Second, trial in this matter was rescheduled twice due to Defendant's repeated requests to dismiss his counsel. Accordingly, the government has already begun preparation for this trial at least three times. The government represents that, in preparation for trial, it was obligated to meet several times with eight witnesses, including the case agent and the arresting officer, Nick Ramos. Additionally, Defendant pleaded guilty only after motions in limine were briefed and argued and a jury was selected. According to the government, three of its witnesses are from out of state, two from California and one from Nevada. Moreover, the government represents that Officer Ramos was activated by the National Guard and deployed to Iraq at the end of November. Given the unavailability of one of the government's main witnesses and the time and resources that the government has already expended on this matter, allowing Defendant to withdraw his guilty plea would prejudice the government. See United States v. Saenz, 10 Fed. Appx. 701, 708 (10th Cir. 2001) (holding that "withdrawal 'likely would prejudice the government by forcing it to undergo much of the same process it already has completed.'") (citation omitted), cert. denied, 536 U.S. 912 (2002).

Third, Defendant filed the instant motion three weeks after he filed his guilty plea. The Court does not find this to be a significant delay.

Fourth, the Court has expended time and resources to prepare for this trial three times. As set forth above, Defendant entered his guilty plea only after the jury had been selected and the Court had ruled on the many motions in limine filed by the parties. Defendant has now filed his fourth motion to dismiss his counsel and intends to represent himself. Given the history of this case, there would be considerable inconvenience to the Court to allow Defendant to withdraw his guilty plea and proceed to trial at this point. See Saenz, 10 Fed. Appx. at 708 ("[T]he court would undoubtedly be inconvenienced by permitting a knowing and voluntary plea to be withdrawn right before sentencing.")

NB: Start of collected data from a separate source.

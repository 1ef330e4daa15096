// What is printed of bytes that aren't a script.
ghost use Rattle.std.specs.Prelude.{◌≡◌, ◌++◌, List, ℕ, IsOk, IfOk};
ghost use Rattle.mail_bytes.specs.Told.{Rose, Meets};
ghost use Rattle.scenario.specs.Text.{script_line, IsTakenText};

use mail_bytes::{NameBuf, NoRoom, dec};
use outside::Sink;

/// Gives the sink `script K` and a newline. Takes no memory; if the sink fails it has counted it.
pub fn refuse<O: Sink>(out: &mut O, number: u64)
    ensures { Meets (O.taken out.old) (O.taken out.new) (λ before after. (text : List ℕ)
        × IsTakenText (script_line number) text (Rose (O.faults out.old) (O.faults out.new)) × (after ≡ before ++ text)) }
{
    match script_line(number) {
        Ok(line) => {
            let _ = out.give(line.as_slice());
        }
        Err(NoRoom) => {}
    }
}

/// The line `script K`.
fn script_line(number: u64) -> Result<NameBuf, NoRoom>
    ensures room { IsOk result }
    ensures text { IfOk result (λ line. line ≡ script_line number) }
{
    let mut into = [0; 20];
    let length = dec(number, &mut into);
    let mut line = NameBuf::new();
    line.extend(b"script ")?;
    line.extend(&into[..length])?;
    line.push(b'\n')?;
    Ok(line)
}
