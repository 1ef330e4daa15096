//! The one public call, `qmail`: reads its words, and does what they say over what it is handed in. Only `work` starts threads and
//! waits for them; `qmail_alone` is the same call for all other words, without the two handles for that.
//!
//! The command `play` reads a script of mails and steps, and plays it over a disk in memory; the crate `scenario` says
//! what a script is and what it prints. `work` runs the mails of a script by threads (`actor_runner`). `make` prints a script
//! of many mails (the crate `script_maker`). `queue` puts a
//! message into a queue (`queue_command`), `qmqpd` takes one in a package (`qmqp_server`), `audit` prints what a queue holds (`audit_command`), and `clean` runs the
//! cleaner (`clean_command`). `lspawn` and `rspawn` run the spawners (`spawn_command`), and `local` makes a local delivery
//! (`local_command`). `send` starts the cleaner and the spawners, and is the sender (`send_command`). The exit statuses are
//! those of qmail-queue(8) if it has one.
//!
//! # What is claimed
//!
//! - Of every command but `work`, `qmail_alone` claims what `qmail` does, and it returns if what it is handed in does. At the words
//!   of `work` it ends with 84 or 51 and leaves everything untouched: `qmail_alone`: `unworked`.
//! - 100 only if the words are no command, or of `local`, and for no command 100 or 51. At that 100 the log took the line
//!   `usage`, or a prefix of it if it failed. What each command leaves untouched: `qmail`: `usage`, `no_command`, `usage_line`,
//!   and those of "untouched".
//! - `queue`: a whole injection, for what the words say: `qmail`: `queue` (by `HasRunQueue`).
//! - `qmqpd`: one package, its injection and its answer: `qmail`: `qmqpd` (by `HasRunQmqpd`), `qmqpd_beside`.
//! - `make`: with status 0 the output took exactly the script of the words, and else a prefix of it. 53 only if its count of
//!   failures rose, and otherwise that is as before: `qmail`: `make` (by `HasMade`).
//! - `audit`: its lines, its statuses and what it leaves: `qmail`: `audit` (by `HasAudited`), `audit_unwritten`.
//! - `clean`: a whole run of the cleaner, with the commands of standard input; or there was no memory for its
//!   words, and nothing was done: `qmail`: `clean` (by `WasCleaned`).
//! - `lspawn`, `rspawn`: a whole run of the spawner, with deliveries by the words' directory or program: `qmail`: `lspawn` (by
//!   `WasLspawned`), `rspawn` (by `WasRspawned`).
//! - `local`: a whole delivery, of what the words say: `qmail`: `local` (by `WasDelivery`).
//! - `send`: a whole run of the sender with the children that it starts, and the lines of its past in the log: `qmail`: `send` (by
//!   `HasSent`).
//! - The words by which these start this same program are the command that is meant: `children_are_commands`.
//! - `play`: with status 0 the output took exactly what the script prints, and the script was read to its end. The
//!   history that it played is its own, legal, and as promised at each prefix. If no generation was started in it,
//!   each accepted message waits in todo. With 91 the number of the first bad line, or a prefix of that if the output failed; with any other
//!   status nothing, or a prefix of what the script prints. And nothing before the source has answered that it has
//!   ended, if it tells that, or the script was too long: `qmail`: `prints`, `ended`, `told_end`, `begins`,
//!   `refuses`, `reached`, `unended`. With status 0 fewer than 2^63 deeds were done, so that each new file's number is below
//!   2^64: `few`. By that `settle_law` says what each `settle` line leads to (`lines_settle`).
//! - `play`: 91 only if the script isn't one, and then never 0 or 53; 53 and 54 only if that count rose, or stands
//!   at its last value, and 51 only if neither did. A script that was read gives 0 or 51 if no count rose: `qmail`:
//!   `malformed`, `checked`, `output`, `input`, `unfailed`, `complete`, `known`.
//! - `work`: with status 0 the output took a line for each event of a history, and then what `show` prints of it. The history begins
//!   with the script's disk, its mails in their order and a generation, goes on with steps of actors in some order, in which each
//!   mail ends, and ends with `settle K`. It is legal, and as promised at each prefix; nothing in it failed, and no moment, stop or
//!   machine stop came. The other statuses are those of `play`: `qmail`: `work` (by `WasWorked`), `unused`; the laws
//!   `turns_are_steps`, `work_is_quiet`. That a run comes to its end isn't claimed, nor that two threads ever run at once.
#![tactic(auto)]

mod alone;
mod around_threads;
mod called;
mod laws;
mod making;
mod play_command;
mod refusing;
mod sending;
mod top;
mod work_command;

pub use alone::qmail_alone;
pub use called::Qmail;
pub use command_words::{Places, places};
pub use laws::{children_are_commands, turns_are_steps, work_is_quiet};
pub use top::qmail;
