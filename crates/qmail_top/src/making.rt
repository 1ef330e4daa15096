// The command `make`.
ghost use Rattle.std.specs.Prelude.{◌≡◌, ◌≤◌};
ghost use Rattle.qmail_top.specs.Making.{HasMade, status_of};

use command_words::MakeWords;
use outside::Sink;
use queue_limits::{DONE, MEMORY, OUTPUT};
use script_maker::{MakeError, make};
use std::alloc::Global;

/// Gives the output the script that the words of `make` tell, and answers the exit status. The condition: the seed is one.
pub fn make_script<O: Sink>(alloc: Global, told: MakeWords, out: &mut O) -> u8
    requires { told.seed ≤ 65536 }
    ensures { HasMade told
        (record { old = O.taken out.old; new = O.taken out.new; faults_old = O.faults out.old; faults_new = O.faults out.new })
        result }
{
    match make(alloc, told.seed, told.count, out) {
        Ok(()) => DONE,
        Err(why) => status_of(why),
    }
}

/// The exit status of an error.
fn status_of(why: MakeError) -> u8
    ensures { result ≡ status_of why }
{
    match why {
        MakeError::Failed => OUTPUT,
        MakeError::Memory => MEMORY,
    }
}
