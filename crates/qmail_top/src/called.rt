// The one public call, for what lends it the real things.

use crate::alone::qmail_alone;
use call_fs::CallFs;
use outside::{Clock, Gate, Posts, Sink, Source, Spawner};
use std::alloc::Global;
use top_call::TopCall;

/// The call `qmail_alone`.
#[derive(Clone, Copy)]
pub struct Qmail;

impl TopCall for Qmail {
    ghost use Rattle.qmail_top.specs.Called.{Called};

    ghost does = { λ _. Called };

    fn call<
        D: CallFs,
        M: Source,
        E: Source,
        O: Sink,
        L: Sink,
        K: Clock,
        P: Posts,
        S: Spawner,
        G: Gate,
    >(
        &self,
        _rt: &HostRuntime,
        alloc: Global,
        words: &[String],
        disk: &mut D,
        message: &mut M,
        envelope: &mut E,
        out: &mut O,
        log: &mut L,
        clock: &mut K,
        posts: &mut P,
        spawn: &mut S,
        gate: &G,
    ) -> u8 {
        qmail_alone(
            alloc, words, disk, message, envelope, out, log, clock, posts, spawn, gate,
        )
    }
}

Fifth, Defendant has not established that he received ineffective assistance of counsel. In order to show ineffective assistance of counsel in the context of a guilty plea, "[a] defendant must show (1) that his counsel's performance fell below an objective standard of reasonableness; and (2) that counsel's deficient performance was prejudicial." United States v. Kramer, 168 F.3d 1196, 1201 (10th Cir. 1999). In order to meet the first prong of this test, the defendant must show "that the attorney's conduct did not fall within the wide range of competence demanded of attorneys in criminal cases." United States v. Carr, 80 F.3d 413, 417 (10th Cir. 1996). For the second prong of this test, "the defendant must establish that there is a reasonable probability that, but for counsel's errors, the defendant would not have pleaded guilty and would have insisted on going to trial." Kramer, 168 F.3d at 1201.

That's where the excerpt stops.